[What to do]
Could you please return each line of the data that has the word "IfSome"?

[Records for this task]
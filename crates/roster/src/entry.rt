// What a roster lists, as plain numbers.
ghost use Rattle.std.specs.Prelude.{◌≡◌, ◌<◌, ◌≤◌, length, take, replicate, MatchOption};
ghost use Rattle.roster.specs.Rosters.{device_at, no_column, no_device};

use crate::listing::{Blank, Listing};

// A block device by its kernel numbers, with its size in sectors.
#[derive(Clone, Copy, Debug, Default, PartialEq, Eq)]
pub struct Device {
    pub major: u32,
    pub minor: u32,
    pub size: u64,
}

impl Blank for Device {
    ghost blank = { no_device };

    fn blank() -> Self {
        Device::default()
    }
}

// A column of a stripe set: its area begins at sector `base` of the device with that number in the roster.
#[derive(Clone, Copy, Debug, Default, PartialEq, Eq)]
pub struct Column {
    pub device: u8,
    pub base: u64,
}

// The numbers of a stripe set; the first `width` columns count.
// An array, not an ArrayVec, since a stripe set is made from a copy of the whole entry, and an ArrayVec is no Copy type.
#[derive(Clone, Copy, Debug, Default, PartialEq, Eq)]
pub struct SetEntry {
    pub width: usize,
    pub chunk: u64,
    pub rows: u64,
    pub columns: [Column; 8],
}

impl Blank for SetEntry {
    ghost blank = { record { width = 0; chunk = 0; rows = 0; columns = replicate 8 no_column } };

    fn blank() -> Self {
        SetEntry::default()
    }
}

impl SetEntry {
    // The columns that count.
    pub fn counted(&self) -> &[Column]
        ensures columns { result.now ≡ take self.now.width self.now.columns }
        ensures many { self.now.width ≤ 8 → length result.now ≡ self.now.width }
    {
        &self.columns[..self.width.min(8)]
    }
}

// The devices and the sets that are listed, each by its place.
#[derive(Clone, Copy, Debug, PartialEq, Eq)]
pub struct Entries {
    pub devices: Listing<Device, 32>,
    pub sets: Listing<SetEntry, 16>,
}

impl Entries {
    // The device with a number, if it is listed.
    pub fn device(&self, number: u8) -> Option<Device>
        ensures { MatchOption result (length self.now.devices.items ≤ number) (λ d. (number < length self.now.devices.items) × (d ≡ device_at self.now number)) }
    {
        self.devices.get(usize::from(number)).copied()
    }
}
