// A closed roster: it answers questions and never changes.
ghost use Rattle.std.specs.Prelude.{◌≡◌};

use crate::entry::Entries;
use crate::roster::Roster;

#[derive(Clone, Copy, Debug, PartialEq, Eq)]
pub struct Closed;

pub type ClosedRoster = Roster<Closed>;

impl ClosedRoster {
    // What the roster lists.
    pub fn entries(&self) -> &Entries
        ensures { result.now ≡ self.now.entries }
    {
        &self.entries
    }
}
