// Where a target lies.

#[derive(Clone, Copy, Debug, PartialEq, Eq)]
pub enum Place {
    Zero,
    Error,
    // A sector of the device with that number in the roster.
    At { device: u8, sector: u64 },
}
--
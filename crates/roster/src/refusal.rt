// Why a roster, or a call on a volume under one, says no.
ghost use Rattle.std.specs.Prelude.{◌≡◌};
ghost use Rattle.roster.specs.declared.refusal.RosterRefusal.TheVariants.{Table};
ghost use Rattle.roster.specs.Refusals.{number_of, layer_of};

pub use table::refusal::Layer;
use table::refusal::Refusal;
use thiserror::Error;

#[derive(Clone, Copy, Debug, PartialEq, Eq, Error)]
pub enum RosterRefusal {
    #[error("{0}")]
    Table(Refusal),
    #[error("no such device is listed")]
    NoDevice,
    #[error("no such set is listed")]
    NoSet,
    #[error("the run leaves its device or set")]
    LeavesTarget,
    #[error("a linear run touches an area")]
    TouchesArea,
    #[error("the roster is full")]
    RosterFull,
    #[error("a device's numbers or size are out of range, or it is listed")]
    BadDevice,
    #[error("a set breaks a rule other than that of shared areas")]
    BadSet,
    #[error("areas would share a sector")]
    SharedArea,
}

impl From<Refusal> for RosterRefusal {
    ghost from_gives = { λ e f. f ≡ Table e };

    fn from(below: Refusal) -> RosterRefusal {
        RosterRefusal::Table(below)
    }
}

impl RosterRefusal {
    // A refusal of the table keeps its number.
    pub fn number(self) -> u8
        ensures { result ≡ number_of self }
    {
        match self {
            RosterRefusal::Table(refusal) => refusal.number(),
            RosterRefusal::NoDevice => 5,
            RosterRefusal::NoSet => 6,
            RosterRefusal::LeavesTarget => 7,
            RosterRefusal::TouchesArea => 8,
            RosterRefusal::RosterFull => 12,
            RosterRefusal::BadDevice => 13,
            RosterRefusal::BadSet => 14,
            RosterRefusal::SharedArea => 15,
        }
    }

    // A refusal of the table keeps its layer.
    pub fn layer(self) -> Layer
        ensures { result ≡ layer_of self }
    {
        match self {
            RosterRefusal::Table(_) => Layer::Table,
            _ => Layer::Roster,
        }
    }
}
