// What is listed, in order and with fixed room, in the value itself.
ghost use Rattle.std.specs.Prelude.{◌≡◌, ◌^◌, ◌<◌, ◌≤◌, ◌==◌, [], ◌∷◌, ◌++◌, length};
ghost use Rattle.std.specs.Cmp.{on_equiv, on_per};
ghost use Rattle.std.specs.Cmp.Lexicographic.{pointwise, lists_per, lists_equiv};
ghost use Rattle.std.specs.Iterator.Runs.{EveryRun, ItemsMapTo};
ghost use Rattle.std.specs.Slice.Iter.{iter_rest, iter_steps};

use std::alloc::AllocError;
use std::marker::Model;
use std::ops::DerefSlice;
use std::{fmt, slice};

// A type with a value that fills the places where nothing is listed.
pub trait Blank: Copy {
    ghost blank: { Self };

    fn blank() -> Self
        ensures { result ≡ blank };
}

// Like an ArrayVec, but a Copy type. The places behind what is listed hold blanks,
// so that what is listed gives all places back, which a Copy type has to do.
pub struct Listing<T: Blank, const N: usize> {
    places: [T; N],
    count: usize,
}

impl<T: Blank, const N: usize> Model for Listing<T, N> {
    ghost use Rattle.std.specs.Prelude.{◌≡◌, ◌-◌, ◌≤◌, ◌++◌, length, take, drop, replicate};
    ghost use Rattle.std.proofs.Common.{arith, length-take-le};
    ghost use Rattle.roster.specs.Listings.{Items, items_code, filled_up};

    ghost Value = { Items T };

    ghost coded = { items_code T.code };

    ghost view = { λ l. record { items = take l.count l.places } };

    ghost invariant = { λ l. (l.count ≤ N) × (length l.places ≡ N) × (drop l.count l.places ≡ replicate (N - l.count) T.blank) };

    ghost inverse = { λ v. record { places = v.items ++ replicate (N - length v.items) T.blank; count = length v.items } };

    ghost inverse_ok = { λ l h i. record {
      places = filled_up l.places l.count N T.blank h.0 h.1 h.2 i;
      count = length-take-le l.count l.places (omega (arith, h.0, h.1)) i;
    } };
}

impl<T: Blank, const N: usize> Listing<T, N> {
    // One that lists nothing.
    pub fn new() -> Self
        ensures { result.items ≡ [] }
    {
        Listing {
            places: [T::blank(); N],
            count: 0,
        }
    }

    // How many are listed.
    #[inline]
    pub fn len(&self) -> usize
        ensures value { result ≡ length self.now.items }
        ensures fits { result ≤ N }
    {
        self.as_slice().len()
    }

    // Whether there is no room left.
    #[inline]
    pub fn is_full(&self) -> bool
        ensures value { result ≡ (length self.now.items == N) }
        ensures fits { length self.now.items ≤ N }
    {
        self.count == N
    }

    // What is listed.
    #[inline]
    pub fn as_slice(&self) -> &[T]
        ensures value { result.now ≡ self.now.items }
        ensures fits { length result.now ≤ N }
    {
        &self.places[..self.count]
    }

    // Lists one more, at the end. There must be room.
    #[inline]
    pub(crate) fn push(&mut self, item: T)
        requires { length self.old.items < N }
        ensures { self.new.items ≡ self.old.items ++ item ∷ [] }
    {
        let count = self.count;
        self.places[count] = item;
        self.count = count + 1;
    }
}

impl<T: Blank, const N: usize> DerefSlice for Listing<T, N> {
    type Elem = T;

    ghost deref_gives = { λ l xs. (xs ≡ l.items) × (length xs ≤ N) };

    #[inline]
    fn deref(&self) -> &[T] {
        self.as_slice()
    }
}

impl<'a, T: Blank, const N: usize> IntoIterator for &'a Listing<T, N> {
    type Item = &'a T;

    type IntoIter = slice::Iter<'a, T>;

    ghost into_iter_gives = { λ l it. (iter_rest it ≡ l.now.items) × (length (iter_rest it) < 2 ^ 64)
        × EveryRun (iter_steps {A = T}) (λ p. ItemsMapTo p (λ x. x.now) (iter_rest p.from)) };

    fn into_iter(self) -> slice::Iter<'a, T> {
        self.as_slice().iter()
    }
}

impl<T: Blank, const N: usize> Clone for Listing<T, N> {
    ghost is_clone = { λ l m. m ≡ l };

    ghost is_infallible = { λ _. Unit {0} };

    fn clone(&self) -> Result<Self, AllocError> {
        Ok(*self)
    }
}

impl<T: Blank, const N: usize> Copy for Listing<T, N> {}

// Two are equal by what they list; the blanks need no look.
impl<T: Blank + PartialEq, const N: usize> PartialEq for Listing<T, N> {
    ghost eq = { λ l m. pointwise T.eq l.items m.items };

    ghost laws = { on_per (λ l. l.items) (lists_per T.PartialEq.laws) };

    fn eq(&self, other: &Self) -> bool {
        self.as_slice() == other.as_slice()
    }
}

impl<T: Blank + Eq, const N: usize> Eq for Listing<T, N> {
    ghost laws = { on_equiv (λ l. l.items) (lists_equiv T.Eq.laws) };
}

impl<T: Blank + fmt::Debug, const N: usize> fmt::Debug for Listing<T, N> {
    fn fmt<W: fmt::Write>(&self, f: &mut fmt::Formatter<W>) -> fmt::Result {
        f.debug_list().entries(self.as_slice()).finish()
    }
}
==
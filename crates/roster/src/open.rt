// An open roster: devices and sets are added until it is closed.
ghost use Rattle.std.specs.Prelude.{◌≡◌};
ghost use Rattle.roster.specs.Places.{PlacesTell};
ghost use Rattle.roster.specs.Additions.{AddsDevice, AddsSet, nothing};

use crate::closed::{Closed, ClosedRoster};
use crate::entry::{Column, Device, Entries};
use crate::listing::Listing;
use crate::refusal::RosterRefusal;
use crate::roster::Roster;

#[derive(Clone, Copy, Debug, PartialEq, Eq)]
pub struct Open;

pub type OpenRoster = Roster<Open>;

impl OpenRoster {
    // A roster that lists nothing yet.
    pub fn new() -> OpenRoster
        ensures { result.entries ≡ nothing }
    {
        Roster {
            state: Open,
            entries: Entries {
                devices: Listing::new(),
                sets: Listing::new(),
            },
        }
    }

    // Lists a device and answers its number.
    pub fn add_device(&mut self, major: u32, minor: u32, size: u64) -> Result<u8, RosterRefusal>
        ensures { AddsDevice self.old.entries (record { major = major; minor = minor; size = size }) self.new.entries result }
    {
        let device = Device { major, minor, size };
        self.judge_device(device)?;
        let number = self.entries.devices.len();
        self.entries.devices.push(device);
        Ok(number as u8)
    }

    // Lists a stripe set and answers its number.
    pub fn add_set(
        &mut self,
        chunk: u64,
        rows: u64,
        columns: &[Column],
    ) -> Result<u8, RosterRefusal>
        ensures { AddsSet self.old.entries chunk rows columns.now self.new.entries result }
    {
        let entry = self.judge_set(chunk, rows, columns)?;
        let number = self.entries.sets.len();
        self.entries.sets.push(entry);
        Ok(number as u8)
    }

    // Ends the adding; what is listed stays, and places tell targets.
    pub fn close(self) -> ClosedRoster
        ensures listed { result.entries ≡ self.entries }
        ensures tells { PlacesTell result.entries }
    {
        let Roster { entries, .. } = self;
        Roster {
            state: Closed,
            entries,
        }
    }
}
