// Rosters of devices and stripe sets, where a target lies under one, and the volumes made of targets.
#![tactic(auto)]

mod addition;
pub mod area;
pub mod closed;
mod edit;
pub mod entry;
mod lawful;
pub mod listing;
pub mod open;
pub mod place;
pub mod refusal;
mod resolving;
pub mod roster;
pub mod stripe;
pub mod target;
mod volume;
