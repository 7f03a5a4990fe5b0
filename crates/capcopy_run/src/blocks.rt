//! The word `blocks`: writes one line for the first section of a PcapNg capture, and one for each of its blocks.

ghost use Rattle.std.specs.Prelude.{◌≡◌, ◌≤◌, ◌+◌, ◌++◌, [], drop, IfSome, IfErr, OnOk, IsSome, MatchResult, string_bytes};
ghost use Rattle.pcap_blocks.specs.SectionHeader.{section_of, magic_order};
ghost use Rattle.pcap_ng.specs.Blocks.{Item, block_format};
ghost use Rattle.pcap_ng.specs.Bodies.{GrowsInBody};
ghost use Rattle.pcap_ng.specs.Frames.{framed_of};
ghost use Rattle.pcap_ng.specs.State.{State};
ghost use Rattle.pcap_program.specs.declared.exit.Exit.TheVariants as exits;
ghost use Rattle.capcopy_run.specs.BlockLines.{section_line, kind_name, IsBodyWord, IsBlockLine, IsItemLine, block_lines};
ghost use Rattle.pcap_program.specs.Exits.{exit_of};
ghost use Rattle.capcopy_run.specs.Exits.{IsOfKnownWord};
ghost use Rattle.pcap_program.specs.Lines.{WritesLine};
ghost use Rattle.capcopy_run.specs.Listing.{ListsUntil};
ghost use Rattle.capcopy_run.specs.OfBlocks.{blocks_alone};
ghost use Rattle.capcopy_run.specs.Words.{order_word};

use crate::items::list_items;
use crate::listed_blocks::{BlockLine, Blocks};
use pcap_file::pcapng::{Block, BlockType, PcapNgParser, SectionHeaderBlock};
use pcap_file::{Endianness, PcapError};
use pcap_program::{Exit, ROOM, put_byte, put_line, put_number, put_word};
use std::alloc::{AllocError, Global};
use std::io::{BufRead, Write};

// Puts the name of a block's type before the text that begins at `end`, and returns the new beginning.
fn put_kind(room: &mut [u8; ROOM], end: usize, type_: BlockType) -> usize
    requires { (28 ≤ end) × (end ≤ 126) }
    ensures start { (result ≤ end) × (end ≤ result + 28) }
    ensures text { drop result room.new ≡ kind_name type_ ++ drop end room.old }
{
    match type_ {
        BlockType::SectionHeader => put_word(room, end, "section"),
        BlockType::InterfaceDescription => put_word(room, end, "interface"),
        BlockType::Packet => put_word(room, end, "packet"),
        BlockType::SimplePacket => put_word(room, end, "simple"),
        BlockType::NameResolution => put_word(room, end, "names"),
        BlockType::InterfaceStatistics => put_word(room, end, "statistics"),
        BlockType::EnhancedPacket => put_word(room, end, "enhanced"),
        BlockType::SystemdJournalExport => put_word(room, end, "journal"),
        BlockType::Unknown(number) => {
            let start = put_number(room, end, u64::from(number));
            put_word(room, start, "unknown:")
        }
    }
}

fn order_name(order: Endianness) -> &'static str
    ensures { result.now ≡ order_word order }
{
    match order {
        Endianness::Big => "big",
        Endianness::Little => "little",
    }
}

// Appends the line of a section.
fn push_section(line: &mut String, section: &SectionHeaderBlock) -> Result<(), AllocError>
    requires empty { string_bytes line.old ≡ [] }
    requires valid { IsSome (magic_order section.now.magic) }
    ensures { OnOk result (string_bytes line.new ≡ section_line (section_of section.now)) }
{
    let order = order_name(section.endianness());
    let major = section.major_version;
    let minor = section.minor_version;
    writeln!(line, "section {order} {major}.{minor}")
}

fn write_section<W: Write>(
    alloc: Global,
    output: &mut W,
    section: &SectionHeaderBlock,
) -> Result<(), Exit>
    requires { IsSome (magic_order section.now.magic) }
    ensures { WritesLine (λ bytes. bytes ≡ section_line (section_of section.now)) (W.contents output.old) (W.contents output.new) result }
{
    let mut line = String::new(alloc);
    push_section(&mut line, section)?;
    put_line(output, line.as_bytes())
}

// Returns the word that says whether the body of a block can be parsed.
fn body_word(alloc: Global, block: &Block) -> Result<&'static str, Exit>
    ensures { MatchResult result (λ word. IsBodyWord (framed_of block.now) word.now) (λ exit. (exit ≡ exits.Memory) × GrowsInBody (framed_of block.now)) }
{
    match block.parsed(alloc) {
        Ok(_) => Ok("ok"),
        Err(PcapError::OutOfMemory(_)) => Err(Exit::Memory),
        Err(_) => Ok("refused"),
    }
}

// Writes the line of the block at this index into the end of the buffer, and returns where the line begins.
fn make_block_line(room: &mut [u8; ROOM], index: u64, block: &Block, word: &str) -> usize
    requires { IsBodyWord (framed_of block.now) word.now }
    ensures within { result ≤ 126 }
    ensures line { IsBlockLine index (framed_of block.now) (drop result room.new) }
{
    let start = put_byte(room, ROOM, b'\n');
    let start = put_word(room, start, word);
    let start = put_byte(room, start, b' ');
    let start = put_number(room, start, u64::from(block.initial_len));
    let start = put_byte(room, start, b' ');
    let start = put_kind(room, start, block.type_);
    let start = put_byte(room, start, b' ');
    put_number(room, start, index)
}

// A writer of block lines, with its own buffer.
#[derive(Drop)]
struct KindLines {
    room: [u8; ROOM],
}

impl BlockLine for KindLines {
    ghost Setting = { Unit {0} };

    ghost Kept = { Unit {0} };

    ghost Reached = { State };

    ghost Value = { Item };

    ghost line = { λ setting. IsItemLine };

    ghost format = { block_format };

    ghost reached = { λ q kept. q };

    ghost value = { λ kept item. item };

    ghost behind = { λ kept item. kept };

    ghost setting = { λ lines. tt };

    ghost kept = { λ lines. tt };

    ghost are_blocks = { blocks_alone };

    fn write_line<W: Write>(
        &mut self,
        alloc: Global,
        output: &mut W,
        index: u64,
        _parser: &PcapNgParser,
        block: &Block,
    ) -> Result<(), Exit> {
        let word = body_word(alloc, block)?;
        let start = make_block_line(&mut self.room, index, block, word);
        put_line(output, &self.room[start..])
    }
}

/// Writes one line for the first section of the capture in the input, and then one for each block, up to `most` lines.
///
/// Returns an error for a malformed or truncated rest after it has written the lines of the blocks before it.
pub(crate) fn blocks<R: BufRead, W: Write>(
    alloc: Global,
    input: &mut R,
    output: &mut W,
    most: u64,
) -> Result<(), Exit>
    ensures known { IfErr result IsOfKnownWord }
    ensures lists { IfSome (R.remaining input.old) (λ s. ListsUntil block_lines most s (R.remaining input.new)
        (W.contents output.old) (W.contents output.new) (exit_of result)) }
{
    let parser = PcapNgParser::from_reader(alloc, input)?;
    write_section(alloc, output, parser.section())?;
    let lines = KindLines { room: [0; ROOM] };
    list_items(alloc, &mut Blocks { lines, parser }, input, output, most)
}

[Solution below]
ghost use Rattle.std.specs.Prelude.{◌≡◌, ◌≤◌, ◌+◌, ◌++◌, [], drop, IfSome, IfErr, OnOk, IsSome, MatchResult, string_bytes};
    ensures lists { IfSome (R.remaining input.old) (λ s. ListsUntil block_lines most s (R.remaining input.new)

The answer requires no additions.